Any significant changes in currency exchange rates would likely have a
significant impact on our projected results and related growth rates due
to the volume of our sales denominated in foreign currencies.
About Sigma-Aldrich: Sigma-Aldrich is a leading Life Science and High
Technology company. Our biochemical and organic chemical products and
kits are used in scientific and genomic research, biotechnology, pharmaceutical
development, the diagnosis of disease and chemical manufacturing.

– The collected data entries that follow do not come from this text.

//! What a repository holds: the definitions that the other crates speak of.
#![tactic(auto)]
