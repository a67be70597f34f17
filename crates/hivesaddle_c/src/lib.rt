// The static library for C and Rust: each function of `hivesaddle` under its exported name, with the same promise.
#![tactic(auto)]

ghost use Rattle.std.specs.Prelude.{◌≡◌};
ghost use Rattle.hivesaddle.specs.Output.{interface, PrefixOut, FileOut, WalkOut, WriteOut, Answered, line_said, fields_of, LineWriting, ReplayOut, progress_of, BeginOut, FeedOut, FinishOut, YearOut};
ghost use Rattle.writer.specs.LaidOut.{description};
ghost use Rattle.path_hash.specs.Hash.{xp, vista, hash2008};
ghost use Rattle.power_hash.specs.Powers.{hash_powers, swap_answer, swap_said};
ghost use Rattle.catalogue.specs.Line.{reading};
ghost use Rattle.query.specs.Queries.{place_said, program_place, entry_place, volume_asked, volume_said, reference_asked, reference_said, places_needed, places_said};
ghost use Rattle.query.specs.Contents.{ListsDirectories, ListsReferences, entry_reference_asked, entry_reference_said};
ghost use Rattle.query.specs.Cost.{cost_asked, cost_said};
ghost use Rattle.path_search.specs.From.{path_found_from};
ghost use Rattle.path_search.specs.Search.{path_found, path_said, ListsPaths};

// The interface that this library has: a program can see whether it is that of the header it was compiled with.
#[unsafe(no_mangle)]
pub extern "C" fn hs_interface() -> u32
    ensures { result ≡ interface }
{
    hivesaddle::hs_interface()
}

// The verdict on a prefix: 0 accepted, 1 refused, 2 more bytes wanted.
#[unsafe(no_mangle)]
pub extern "C" fn hs_read_prefix(file: &[u8], predecessors: &mut [u32], out: &mut [u64]) -> u32
    ensures { PrefixOut file.now predecessors.old result predecessors.new out.old out.new }
{
    hivesaddle::files::hs_read_prefix(file, predecessors, out)
}

// The verdict on a whole file.
#[unsafe(no_mangle)]
pub extern "C" fn hs_read_file(file: &[u8], predecessors: &mut [u32], out: &mut [u64]) -> u32
    ensures { FileOut file.now predecessors.old result predecessors.new out.old out.new }
{
    hivesaddle::files::hs_read_file(file, predecessors, out)
}

// The writer of test files: 0 written, 1 refused; `out` as the readers'.
#[unsafe(no_mangle)]
pub extern "C" fn hs_write_file(
    version: u32,
    name: &[u16],
    stored_hash: u32,
    run_time: u64,
    run_count: u32,
    metrics: &[u32],
    trace: &[u32],
    strings: &[u8],
    volumes: &[u8],
    volume_count: u32,
    predecessors: &mut [u32],
    output: &mut [u8],
    out: &mut [u64],
) -> u32
    ensures { WriteOut version (description name.now stored_hash run_time run_count metrics.now trace.now
        strings.now volumes.now volume_count) predecessors.old output.old result predecessors.new
        output.new out.old out.new }
{
    hivesaddle::files::hs_write_file(
        version,
        name,
        stored_hash,
        run_time,
        run_count,
        metrics,
        trace,
        strings,
        volumes,
        volume_count,
        predecessors,
        output,
        out,
    )
}

// The walk over all chains of a file: 0 walked, 1 refused.
#[unsafe(no_mangle)]
pub extern "C" fn hs_walk(
    file: &[u8],
    predecessors: &mut [u32],
    order: &mut [u32],
    out: &mut [u64],
) -> u32
    ensures { WalkOut file.now predecessors.old order.old result predecessors.new order.new
        out.old out.new }
{
    hivesaddle::files::hs_walk(file, predecessors, order, out)
}

#[unsafe(no_mangle)]
pub extern "C" fn hs_hash_xp(numbers: &[u32]) -> u32
    ensures { result ≡ xp numbers.now }
{
    hivesaddle::hashes::hs_hash_xp(numbers)
}

#[unsafe(no_mangle)]
pub extern "C" fn hs_hash_vista(numbers: &[u32]) -> u32
    ensures { result ≡ vista numbers.now }
{
    hivesaddle::hashes::hs_hash_vista(numbers)
}

#[unsafe(no_mangle)]
pub extern "C" fn hs_hash_2008(numbers: &[u32]) -> u32
    ensures { result ≡ hash2008 numbers.now }
{
    hivesaddle::hashes::hs_hash_2008(numbers)
}

#[unsafe(no_mangle)]
pub extern "C" fn hs_hash_xp_bytes(text: &[u8]) -> u32
    ensures { result ≡ xp text.now }
{
    hivesaddle::hashes::hs_hash_xp_bytes(text)
}

#[unsafe(no_mangle)]
pub extern "C" fn hs_hash_vista_bytes(text: &[u8]) -> u32
    ensures { result ≡ vista text.now }
{
    hivesaddle::hashes::hs_hash_vista_bytes(text)
}

#[unsafe(no_mangle)]
pub extern "C" fn hs_hash_2008_bytes(text: &[u8]) -> u32
    ensures { result ≡ hash2008 text.now }
{
    hivesaddle::hashes::hs_hash_2008_bytes(text)
}

// The Vista hash on the table of powers of 37.
#[unsafe(no_mangle)]
pub extern "C" fn hs_hash_powers(numbers: &[u32]) -> u32
    ensures { result ≡ hash_powers numbers.now }
{
    hivesaddle::hashes::hs_hash_powers(numbers)
}

#[unsafe(no_mangle)]
pub extern "C" fn hs_hash_powers_bytes(text: &[u8]) -> u32
    ensures { result ≡ hash_powers text.now }
{
    hivesaddle::hashes::hs_hash_powers_bytes(text)
}

// The hash of a path whose first p numbers are swapped for another start, from the old hash.
#[unsafe(no_mangle)]
pub extern "C" fn hs_hash_swap(
    old_hash: u32,
    old: &[u32],
    p: u64,
    start: &[u32],
    out: &mut [u64],
) -> u32
    ensures { Answered (swap_said (swap_answer old_hash old.now p start.now)) result out.old out.new }
{
    hivesaddle::hashes::hs_hash_swap(old_hash, old, p, start, out)
}

#[unsafe(no_mangle)]
pub extern "C" fn hs_hash_swap_bytes(
    old_hash: u32,
    old: &[u8],
    p: u64,
    start: &[u8],
    out: &mut [u64],
) -> u32
    ensures { Answered (swap_said (swap_answer old_hash old.now p start.now)) result out.old out.new }
{
    hivesaddle::hashes::hs_hash_swap_bytes(old_hash, old, p, start, out)
}

// 0 and the line's size, stored hash, run count and version, or 18 and zeros.
#[unsafe(no_mangle)]
pub extern "C" fn hs_catalogue_read(line: &[u8], out: &mut [u64]) -> u32
    ensures { Answered (line_said (reading line.now)) result out.old out.new }
{
    hivesaddle::catalogue_lines::hs_catalogue_read(line, out)
}

// 0 and the new line in the first 27 bytes of the output, or 19 and the output as it was.
#[unsafe(no_mangle)]
pub extern "C" fn hs_catalogue_write(
    size: u32,
    hash: u32,
    runs: u32,
    version: u32,
    output: &mut [u8],
) -> u32
    ensures { LineWriting (fields_of size hash runs version) output.old result output.new }
{
    hivesaddle::catalogue_lines::hs_catalogue_write(size, hash, runs, version, output)
}

// How many working places the readers need for the file, where checks 1 to 6 pass.
#[unsafe(no_mangle)]
pub extern "C" fn hs_places(file: &[u8], out: &mut [u64]) -> u32
    ensures { Answered (places_said (places_needed file.now)) result out.old out.new }
{
    hivesaddle::queries::hs_places(file, out)
}

// Whether the program name can be shown: its offset in the file and its length in bytes.
#[unsafe(no_mangle)]
pub extern "C" fn hs_program_name(file: &[u8], out: &mut [u64]) -> u32
    ensures { Answered (place_said (program_place file.now)) result out.old out.new }
{
    hivesaddle::queries::hs_program_name(file, out)
}

// Whether the name of metrics entry i can be shown: its offset in the file and its length in bytes.
#[unsafe(no_mangle)]
pub extern "C" fn hs_entry_name(file: &[u8], i: u64, out: &mut [u64]) -> u32
    ensures { Answered (place_said (entry_place file.now i)) result out.old out.new }
{
    hivesaddle::queries::hs_entry_name(file, i, out)
}

// Volume i: creation time, serial number, counts of references and directories, and the path's offset and length in bytes.
#[unsafe(no_mangle)]
pub extern "C" fn hs_volume(file: &[u8], i: u64, out: &mut [u64]) -> u32
    ensures { Answered (volume_said (volume_asked file.now i)) result out.old out.new }
{
    hivesaddle::queries::hs_volume(file, i, out)
}

// Reference k of volume i: entry index and sequence number.
#[unsafe(no_mangle)]
pub extern "C" fn hs_reference(file: &[u8], i: u64, k: u64, out: &mut [u64]) -> u32
    ensures { Answered (reference_said (reference_asked file.now i k)) result out.old out.new }
{
    hivesaddle::queries::hs_reference(file, i, k, out)
}

// All directories of a volume, each the file offset of its first unit and its units without the last zero: their count, and as many
// whole pairs as fit.
#[unsafe(no_mangle)]
pub extern "C" fn hs_directories(file: &[u8], volume: u64, pairs: &mut [u32]) -> u64
    ensures { ListsDirectories file.now volume pairs.old result pairs.new }
{
    hivesaddle::queries::hs_directories(file, volume, pairs)
}

// All references of a volume, each its entry index and its sequence number, in the same way.
#[unsafe(no_mangle)]
pub extern "C" fn hs_references(file: &[u8], volume: u64, pairs: &mut [u64]) -> u64
    ensures { ListsReferences file.now volume pairs.old result pairs.new }
{
    hivesaddle::queries::hs_references(file, volume, pairs)
}

// The file reference of metrics entry i: whether the version has the field, entry index and sequence number.
#[unsafe(no_mangle)]
pub extern "C" fn hs_entry_reference(file: &[u8], i: u64, out: &mut [u64]) -> u32
    ensures { Answered (entry_reference_said (entry_reference_asked file.now i)) result out.old out.new }
{
    hivesaddle::queries::hs_entry_reference(file, i, out)
}

// What a file costs to read, where checks 1 to 6 pass: the bytes of its names and of its directories.
#[unsafe(no_mangle)]
pub extern "C" fn hs_cost(file: &[u8], out: &mut [u64]) -> u32
    ensures { Answered (cost_said (cost_asked file.now)) result out.old out.new }
{
    hivesaddle::queries::hs_cost(file, out)
}

// The least number for which any entry matches the stored hash, and the first such entry.
#[unsafe(no_mangle)]
pub extern "C" fn hs_find_path(file: &[u8], out: &mut [u64]) -> u32
    ensures { Answered (path_said (path_found file.now)) result out.old out.new }
{
    hivesaddle::queries::hs_find_path(file, out)
}

// The same over the names that begin with the path of a volume, with a start in place of it.
#[unsafe(no_mangle)]
pub extern "C" fn hs_find_path_from(file: &[u8], volume: u64, start: &[u8], out: &mut [u64]) -> u32
    ensures { Answered (path_said (path_found_from file.now volume start.now)) result out.old out.new }
{
    hivesaddle::queries::hs_find_path_from(file, volume, start, out)
}

// All pairs of an entry and the number by which it matches: their count, and as many whole pairs as fit.
#[unsafe(no_mangle)]
pub extern "C" fn hs_list_paths(file: &[u8], pairs: &mut [u32]) -> u64
    ensures { ListsPaths file.now pairs.old result pairs.new }
{
    hivesaddle::queries::hs_list_paths(file, pairs)
}

// The best reading for each start: 0, or 22 and the number of the first bad line.
#[unsafe(no_mangle)]
pub extern "C" fn hs_replay(
    recording: &[u8],
    times: &[u64],
    boards: &[u8],
    work: &mut [u32],
    answers: &mut [u64],
    out: &mut [u64],
) -> u32
    ensures { ReplayOut recording.now times.now boards.now work.old answers.old result
        work.new answers.new out.old out.new }
{
    hivesaddle::recordings::hs_replay(recording, times, boards, work, answers, out)
}

// Before the first piece of a recording: the starts served are put in order, and their answers are none.
#[unsafe(no_mangle)]
pub extern "C" fn hs_replay_begin(
    times: &[u64],
    boards: &[u8],
    work: &mut [u32],
    answers: &mut [u64],
    out: &mut [u64],
) -> u32
    ensures { BeginOut times.now boards.now work.old answers.old result work.new
        answers.new out.old out.new }
{
    hivesaddle::recordings::hs_replay_begin(times, boards, work, answers, out)
}

// A piece, behind the bytes of the one before that were not used.
#[unsafe(no_mangle)]
pub extern "C" fn hs_replay_feed(
    lines: u64,
    bad: u64,
    piece: &[u8],
    times: &[u64],
    boards: &[u8],
    work: &[u32],
    answers: &mut [u64],
    out: &mut [u64],
) -> u32
    ensures { FeedOut (progress_of lines bad) piece.now times.now boards.now work.now
        answers.old result answers.new out.old out.new }
{
    hivesaddle::recordings::hs_replay_feed(lines, bad, piece, times, boards, work, answers, out)
}

// After the last piece, where so many bytes were not used: 0, or 22 and the number of the first bad line.
#[unsafe(no_mangle)]
pub extern "C" fn hs_replay_finish(
    lines: u64,
    bad: u64,
    waiting: u64,
    times: &[u64],
    boards: &[u8],
    work: &mut [u32],
    answers: &mut [u64],
    out: &mut [u64],
) -> u32
    ensures { FinishOut (progress_of lines bad) waiting times.now boards.now work.old answers.old result
        work.new answers.new out.old out.new }
{
    hivesaddle::recordings::hs_replay_finish(lines, bad, waiting, times, boards, work, answers, out)
}

// The table at year's end: 0, or refusal 18, 24 or 26.
#[unsafe(no_mangle)]
pub extern "C" fn hs_year_table(
    lines: &[u8],
    hashes: &[u32],
    answers: &[u64],
    rows: &mut [u64],
    out: &mut [u64],
) -> u32
    ensures { YearOut lines.now hashes.now answers.now result rows.old rows.new out.old
        out.new }
{
    hivesaddle::recordings::hs_year_table(lines, hashes, answers, rows, out)
}
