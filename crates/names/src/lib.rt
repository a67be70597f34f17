// Checks 9 and 10: the names that metrics entries have in a strings section.
#![tactic(auto)]

ghost use Rattle.std.specs.Prelude.{◌≡◌, ◌+◌, ◌*◌, ◌≤◌, length};
ghost use Rattle.little_endian.specs.Number.{le, zero_unit};
ghost use Rattle.names.specs.Names.{fits, sound, name_at, name_units, name_field_at, Named, in_metrics, in_pairs, misfit_fault, unsound_fault};
ghost use Rattle.names.specs.Private.{zero_in, sound_text, FirstFault};

use incremental::Fault;
use layout::Layout;

// Whether a name of so many units at an offset fits a strings section of that size, with its zero unit.
#[tactic(auto, unfolding(crate::specs::Names::fits))]
pub fn name_fits(size: usize, at: u32, units: u32) -> bool
    ensures { result ≡ fits size at units }
{
    at as usize + 2 * (units as usize) + 2 <= size
}

// Whether the unit at an offset is zero, with no test of the section's end.
#[tactic(auto, using(crate::proofs::Laws::unit_zero))]
fn zero_unit(strings: &[u8], at: usize) -> bool
    requires { at + 2 ≤ length strings.now }
    ensures { result ≡ zero_unit strings.now at }
{
    strings[at] as u32 + 256 * (strings[at + 1] as u32) == 0
}

// Whether one of the eight units from an offset is zero. All eight are looked at, so that the processor can compare them at once.
#[tactic(auto, using(crate::proofs::Laws::zero_in_eight))]
fn zero_in_eight(strings: &[u8], at: usize) -> bool
    requires { at + 16 ≤ length strings.now }
    ensures { result ≡ zero_in strings.now at 8 }
{
    zero_unit(strings, at)
        | zero_unit(strings, at + 2)
        | zero_unit(strings, at + 4)
        | zero_unit(strings, at + 6)
        | zero_unit(strings, at + 8)
        | zero_unit(strings, at + 10)
        | zero_unit(strings, at + 12)
        | zero_unit(strings, at + 14)
}

// Whether the units from an offset have no zero unit among them, and one directly after them.
#[tactic(auto, using(crate::proofs::Laws::text_zero, crate::proofs::Laws::text_end))]
fn units_sound(strings: &[u8], at: usize, units: usize) -> bool
    requires { at + 2 * units + 2 ≤ length strings.now }
    ensures { result ≡ sound_text strings.now at units }
{
    for k in 0..units {
        if zero_unit(strings, at + 2 * k) {
            return false;
        }
    }
    zero_unit(strings, at + 2 * units)
}

// The same: first eight units at a time, then those that are left.
#[tactic(auto, using(crate::proofs::Laws::eight_zero, crate::proofs::Laws::eight_again))]
fn text_sound(strings: &[u8], at: usize, units: usize) -> bool
    requires { at + 2 * units + 2 ≤ length strings.now }
    ensures { result ≡ sound_text strings.now at units }
{
    let eights = units / 8;
    for e in 0..eights {
        if zero_in_eight(strings, at + 16 * e) {
            return false;
        }
    }
    units_sound(strings, at + 16 * eights, units % 8)
}

// Whether the name fits the section, has no zero unit inside, and a zero unit directly after it.
#[tactic(auto, using(crate::proofs::Laws::fits_le), unfolding(crate::specs::Names::sound))]
pub fn name_sound(strings: &[u8], at: u32, units: u32) -> bool
    ensures { result ≡ sound strings.now at units }
{
    name_fits(strings.len(), at, units) && text_sound(strings, at as usize, units as usize)
}

// A field of metrics entry i, by the entry's size and the field's place in it.
fn entry_field(metrics: &[u8], entry: u16, at: u16, i: u32) -> u32
    ensures { result ≡ le 4 metrics.now (i * entry + at) }
{
    little_endian::u32_at(metrics, i as usize * (entry as usize) + at as usize)
}

// The offset and the length of the name of metrics entry i.
pub fn name_at(metrics: &[u8], l: Layout, i: u32) -> u32
    ensures { result ≡ name_at l metrics.now i }
{
    entry_field(metrics, l.metrics_entry, l.name_offset_at, i)
}

// The length of that name in units.
pub fn name_units(metrics: &[u8], l: Layout, i: u32) -> u32
    ensures { result ≡ name_units l metrics.now i }
{
    entry_field(metrics, l.metrics_entry, l.name_length_at, i)
}

// The names of entries: where in a strings section the name of entry i starts, and how many units long it is.
pub trait Names {
    ghost named: { Self → Named };

    fn offset(&self, i: u32) -> u32
        ensures { result ≡ (named self.now).offset i };

    fn units(&self, i: u32) -> u32
        ensures { result ≡ (named self.now).units i };
}

// Those in a file: the entries of a metrics array, by the layout of its version.
#[derive(Clone, Copy)]
pub struct Entries<'a> {
    pub metrics: &'a [u8],
    pub layout: Layout,
}

impl<'a> Names for Entries<'a> {
    ghost named = { λ e. in_metrics e.layout e.metrics.now };

    fn offset(&self, i: u32) -> u32 {
        name_at(self.metrics, self.layout, i)
    }

    fn units(&self, i: u32) -> u32 {
        name_units(self.metrics, self.layout, i)
    }
}

// Those that a description gives: a flat table of pairs, each of them an offset and a length.
#[derive(Clone, Copy)]
pub struct Pairs<'a> {
    pub table: &'a [u32],
}

impl<'a> Names for Pairs<'a> {
    ghost named = { λ p. in_pairs p.table.now };

    fn offset(&self, i: u32) -> u32 {
        lists::number_at(self.table, 2 * (i as usize))
    }

    fn units(&self, i: u32) -> u32 {
        lists::number_at(self.table, 2 * (i as usize) + 1)
    }
}

// Where in the file the name-offset field of entry i stands, in a metrics array that starts at `start`.
fn name_field_at(l: Layout, start: u32, i: u32) -> usize
    ensures { result ≡ name_field_at l start i }
{
    layout::entry_offset(start, l.metrics_entry, i) + l.name_offset_at as usize
}

// The first of the entries that fails a test; its name-offset field is at fault.
fn first_fault<F: Fn(u32) -> bool>(l: Layout, start: u32, entries: u32, fails: F) -> Option<Fault>
    requires { F.IsAlwaysCallable fails }
    ensures { FirstFault (F.post fails) (name_field_at l start) entries result }
{
    for i in 0..entries {
        if fails(i) {
            return Some(Fault {
                index: i as usize,
                offset: name_field_at(l, start, i),
            });
        }
    }
    None
}

// Check 9: the first entry whose name does not fit a strings section of that size. The metrics start at `start` in the file.
// Inside the function that calls them, the loops of this and of check 10 run out of registers and take a fifth longer.
#[inline(never)]
#[tactic(auto, using(crate::proofs::Laws::first_fault_is), unfolding(crate::specs::Names::misfit_fault))]
pub fn misfit_fault<N: Names>(
    names: &N,
    l: Layout,
    start: u32,
    entries: u32,
    size: usize,
) -> Option<Fault>
    ensures { result ≡ misfit_fault l start (N.named names.now) entries size }
{
    first_fault(l, start, entries, |i| {
        !name_fits(size, names.offset(i), names.units(i))
    })
}

// Check 10: the first entry whose name is not sound.
#[inline(never)]
#[tactic(auto, using(crate::proofs::Laws::first_fault_is), unfolding(crate::specs::Names::unsound_fault))]
pub fn unsound_fault<N: Names>(
    names: &N,
    l: Layout,
    start: u32,
    entries: u32,
    strings: &[u8],
) -> Option<Fault>
    ensures { result ≡ unsound_fault l start (N.named names.now) entries strings.now }
{
    first_fault(l, start, entries, |i| {
        !name_sound(strings, names.offset(i), names.units(i))
    })
}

We have customers in life science companies, university and government
institutions, hospitals and in industry. Over one million scientists and
technologists use our products. Sigma-Aldrich operates in 34 countries
and has over 6,000 employees providing excellent service worldwide. We
are committed to the success of our Customers, Employees and Shareholders
through leadership in Life Science, High Technology and Service. For more
information about Sigma-Aldrich, please visit our award-winning web site
at www.sigma-aldrich.com
Cautionary Statement: This release contains forward-looking statements
relating to future performance, goals, strategic actions and initiatives
and similar intentions and beliefs, and other statements regarding the
Company's expectations, goals, beliefs, intentions and the like regarding
future sales, earnings per share and other matters. These statements involve
assumptions regarding Company and JRH operations, investments and acquisitions
and conditions in the markets the Company and JRH serve.
Although the Company believes its expectations are based on reasonable
assumptions, such statements are subject to risks and uncertainties, including,
among others, certain economic, political and technological factors. Actual
results could differ materially from those stated or implied in this news
release, due to, but not limited to, such factors as (1) changes in pricing
and the competitive environment, (2) fluctuations in foreign currency
exchange rates, (3) other changes in the business environment in which
the Company and JRH operate, (4) changes in research funding, (5) uncertainties
surrounding government healthcare reform, (6) government regulations applicable
to the business, (7) the impact of fluctuations in interest rates, (8)
the effectiveness of the Company's further implementation of its global
software systems, (9) the ability to retain customers, suppliers and employees,
(10) the success of research and development activities, (11) changes
in worldwide tax rates or tax benefits from domestic and international
operations, (12) the impact of acquisitions and success in integrating
and obtaining projected results from the acquisitions, including JRH,
(13) the outcome of the matters described in Note 11- Contingent Liabilities
and Commitments-in the Company's Form 10-K report for the period ended
December 31, 2003 and (14) the preliminary nature of the 2004 diluted
earnings per share estimate. The Company does not undertake any obligation
to update these forward-looking statements.